(Dataset excerpts)
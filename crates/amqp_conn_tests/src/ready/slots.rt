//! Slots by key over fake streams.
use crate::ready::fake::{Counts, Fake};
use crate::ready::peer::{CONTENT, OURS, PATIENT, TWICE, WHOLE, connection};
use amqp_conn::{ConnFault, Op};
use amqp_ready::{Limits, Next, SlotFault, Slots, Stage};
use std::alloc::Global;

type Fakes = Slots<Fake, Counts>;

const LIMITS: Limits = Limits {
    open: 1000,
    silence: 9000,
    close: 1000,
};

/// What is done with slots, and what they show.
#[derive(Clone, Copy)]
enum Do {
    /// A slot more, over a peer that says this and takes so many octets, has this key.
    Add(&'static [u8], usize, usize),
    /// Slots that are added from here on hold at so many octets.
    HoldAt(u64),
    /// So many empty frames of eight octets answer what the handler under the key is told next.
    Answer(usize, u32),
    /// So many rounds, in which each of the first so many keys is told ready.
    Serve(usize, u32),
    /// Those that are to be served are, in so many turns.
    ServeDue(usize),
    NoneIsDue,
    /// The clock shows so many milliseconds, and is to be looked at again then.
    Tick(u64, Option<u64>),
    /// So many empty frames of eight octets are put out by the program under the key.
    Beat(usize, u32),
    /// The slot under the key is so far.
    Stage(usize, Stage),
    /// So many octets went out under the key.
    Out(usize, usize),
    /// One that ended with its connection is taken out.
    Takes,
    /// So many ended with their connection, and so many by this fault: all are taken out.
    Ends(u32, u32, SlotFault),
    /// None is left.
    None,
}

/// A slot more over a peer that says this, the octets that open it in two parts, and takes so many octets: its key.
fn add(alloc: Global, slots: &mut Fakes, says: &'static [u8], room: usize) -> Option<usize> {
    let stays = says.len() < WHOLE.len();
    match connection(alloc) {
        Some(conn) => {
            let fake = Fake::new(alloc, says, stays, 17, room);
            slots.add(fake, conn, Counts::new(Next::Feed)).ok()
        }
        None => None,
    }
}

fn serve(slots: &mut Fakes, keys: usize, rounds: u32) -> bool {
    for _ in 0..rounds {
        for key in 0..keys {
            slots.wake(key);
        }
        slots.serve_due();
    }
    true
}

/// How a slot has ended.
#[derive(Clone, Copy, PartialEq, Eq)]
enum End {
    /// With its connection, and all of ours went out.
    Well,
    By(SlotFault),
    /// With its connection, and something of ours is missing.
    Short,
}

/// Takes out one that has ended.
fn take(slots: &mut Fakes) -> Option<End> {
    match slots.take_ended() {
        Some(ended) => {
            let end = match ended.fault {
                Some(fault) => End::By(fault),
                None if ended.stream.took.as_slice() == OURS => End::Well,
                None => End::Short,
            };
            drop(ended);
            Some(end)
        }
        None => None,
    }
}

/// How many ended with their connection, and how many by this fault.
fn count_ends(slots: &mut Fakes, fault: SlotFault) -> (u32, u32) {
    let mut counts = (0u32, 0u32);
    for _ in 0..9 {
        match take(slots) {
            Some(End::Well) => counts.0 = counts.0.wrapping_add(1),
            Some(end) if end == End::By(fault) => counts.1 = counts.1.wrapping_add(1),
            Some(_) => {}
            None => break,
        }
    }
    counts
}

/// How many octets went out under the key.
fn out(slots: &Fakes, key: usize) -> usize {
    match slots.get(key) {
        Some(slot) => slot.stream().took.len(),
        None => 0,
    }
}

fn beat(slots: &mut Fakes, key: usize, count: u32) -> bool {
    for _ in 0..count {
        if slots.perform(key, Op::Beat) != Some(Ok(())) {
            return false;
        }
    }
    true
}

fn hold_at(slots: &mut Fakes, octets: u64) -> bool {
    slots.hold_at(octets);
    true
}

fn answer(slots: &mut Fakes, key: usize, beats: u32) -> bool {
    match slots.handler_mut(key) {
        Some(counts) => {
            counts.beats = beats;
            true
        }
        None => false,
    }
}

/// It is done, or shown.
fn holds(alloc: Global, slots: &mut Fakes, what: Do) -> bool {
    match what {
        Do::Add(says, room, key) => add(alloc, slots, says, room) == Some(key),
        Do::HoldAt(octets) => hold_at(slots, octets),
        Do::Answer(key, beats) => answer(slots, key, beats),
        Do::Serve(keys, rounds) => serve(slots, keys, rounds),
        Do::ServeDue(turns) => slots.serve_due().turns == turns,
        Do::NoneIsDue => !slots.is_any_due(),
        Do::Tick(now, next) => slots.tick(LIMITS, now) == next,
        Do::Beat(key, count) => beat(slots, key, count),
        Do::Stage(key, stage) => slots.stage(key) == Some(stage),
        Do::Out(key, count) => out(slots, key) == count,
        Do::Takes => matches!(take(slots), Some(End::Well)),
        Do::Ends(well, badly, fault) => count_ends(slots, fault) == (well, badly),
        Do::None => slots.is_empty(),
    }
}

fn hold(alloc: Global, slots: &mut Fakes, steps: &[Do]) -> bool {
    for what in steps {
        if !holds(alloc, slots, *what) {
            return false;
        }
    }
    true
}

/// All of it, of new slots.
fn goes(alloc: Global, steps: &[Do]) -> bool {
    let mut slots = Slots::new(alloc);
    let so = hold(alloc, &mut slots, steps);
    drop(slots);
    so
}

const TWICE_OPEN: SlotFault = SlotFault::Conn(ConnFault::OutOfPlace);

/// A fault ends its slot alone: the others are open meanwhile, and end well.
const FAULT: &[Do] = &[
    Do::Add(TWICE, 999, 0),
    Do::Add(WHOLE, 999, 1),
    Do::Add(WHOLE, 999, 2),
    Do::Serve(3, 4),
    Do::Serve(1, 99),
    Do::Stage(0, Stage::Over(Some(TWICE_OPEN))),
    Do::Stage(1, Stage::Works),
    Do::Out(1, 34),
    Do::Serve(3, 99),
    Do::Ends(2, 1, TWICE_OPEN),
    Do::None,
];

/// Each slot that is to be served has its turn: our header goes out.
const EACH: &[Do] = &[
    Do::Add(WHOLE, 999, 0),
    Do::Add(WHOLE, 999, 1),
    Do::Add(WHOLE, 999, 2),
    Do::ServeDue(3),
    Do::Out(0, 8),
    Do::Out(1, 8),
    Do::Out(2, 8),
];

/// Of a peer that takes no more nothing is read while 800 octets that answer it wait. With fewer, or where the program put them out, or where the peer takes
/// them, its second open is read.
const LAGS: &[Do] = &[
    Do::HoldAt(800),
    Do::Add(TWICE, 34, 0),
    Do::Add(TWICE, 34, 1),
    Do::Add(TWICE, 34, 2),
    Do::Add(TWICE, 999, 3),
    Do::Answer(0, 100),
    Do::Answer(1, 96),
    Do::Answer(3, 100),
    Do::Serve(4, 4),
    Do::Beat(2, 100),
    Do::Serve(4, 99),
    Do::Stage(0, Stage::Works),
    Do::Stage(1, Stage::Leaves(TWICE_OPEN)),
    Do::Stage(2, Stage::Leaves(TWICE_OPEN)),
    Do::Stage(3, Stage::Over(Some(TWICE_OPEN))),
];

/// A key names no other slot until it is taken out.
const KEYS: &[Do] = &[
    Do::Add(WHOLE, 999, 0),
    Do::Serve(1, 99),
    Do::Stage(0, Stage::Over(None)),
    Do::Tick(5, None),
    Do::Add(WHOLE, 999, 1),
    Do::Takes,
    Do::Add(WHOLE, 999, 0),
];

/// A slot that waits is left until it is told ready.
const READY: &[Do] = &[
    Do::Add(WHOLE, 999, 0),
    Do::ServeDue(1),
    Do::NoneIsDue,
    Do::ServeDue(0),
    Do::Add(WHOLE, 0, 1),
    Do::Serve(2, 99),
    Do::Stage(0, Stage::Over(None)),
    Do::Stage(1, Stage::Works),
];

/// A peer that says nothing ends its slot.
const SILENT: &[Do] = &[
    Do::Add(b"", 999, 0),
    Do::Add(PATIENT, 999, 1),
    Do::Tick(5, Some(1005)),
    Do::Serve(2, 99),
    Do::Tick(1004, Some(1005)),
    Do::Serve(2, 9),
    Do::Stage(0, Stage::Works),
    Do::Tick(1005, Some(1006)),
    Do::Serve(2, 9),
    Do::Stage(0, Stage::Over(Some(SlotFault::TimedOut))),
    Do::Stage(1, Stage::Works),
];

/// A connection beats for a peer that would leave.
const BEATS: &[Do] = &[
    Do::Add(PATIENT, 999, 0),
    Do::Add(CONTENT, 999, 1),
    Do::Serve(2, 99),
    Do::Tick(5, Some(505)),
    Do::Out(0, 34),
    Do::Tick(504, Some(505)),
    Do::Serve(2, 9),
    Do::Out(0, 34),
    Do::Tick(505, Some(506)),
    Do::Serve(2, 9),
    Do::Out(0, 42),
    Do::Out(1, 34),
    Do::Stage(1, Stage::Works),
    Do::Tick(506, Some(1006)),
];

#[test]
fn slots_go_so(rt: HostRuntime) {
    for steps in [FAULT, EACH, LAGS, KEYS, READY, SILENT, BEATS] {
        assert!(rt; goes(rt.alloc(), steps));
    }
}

**What you are asked to do**:
Lines from the top of the data above through the line with "#[derive(Clone, Copy)]", both ends included: copy them exactly, nothing more.

**Result**:
filename crates/amqp_conn_tests/src/ready/slots.rt
//! Slots by key over fake streams.
use crate::ready::fake::{Counts, Fake};
use crate::ready::peer::{CONTENT, OURS, PATIENT, TWICE, WHOLE, connection};
use amqp_conn::{ConnFault, Op};
use amqp_ready::{Limits, Next, SlotFault, Slots, Stage};
use std::alloc::Global;

type Fakes = Slots<Fake, Counts>;

const LIMITS: Limits = Limits {
    open: 1000,
    silence: 9000,
    close: 1000,
};

/// What is done with slots, and what they show.
#[derive(Clone, Copy)]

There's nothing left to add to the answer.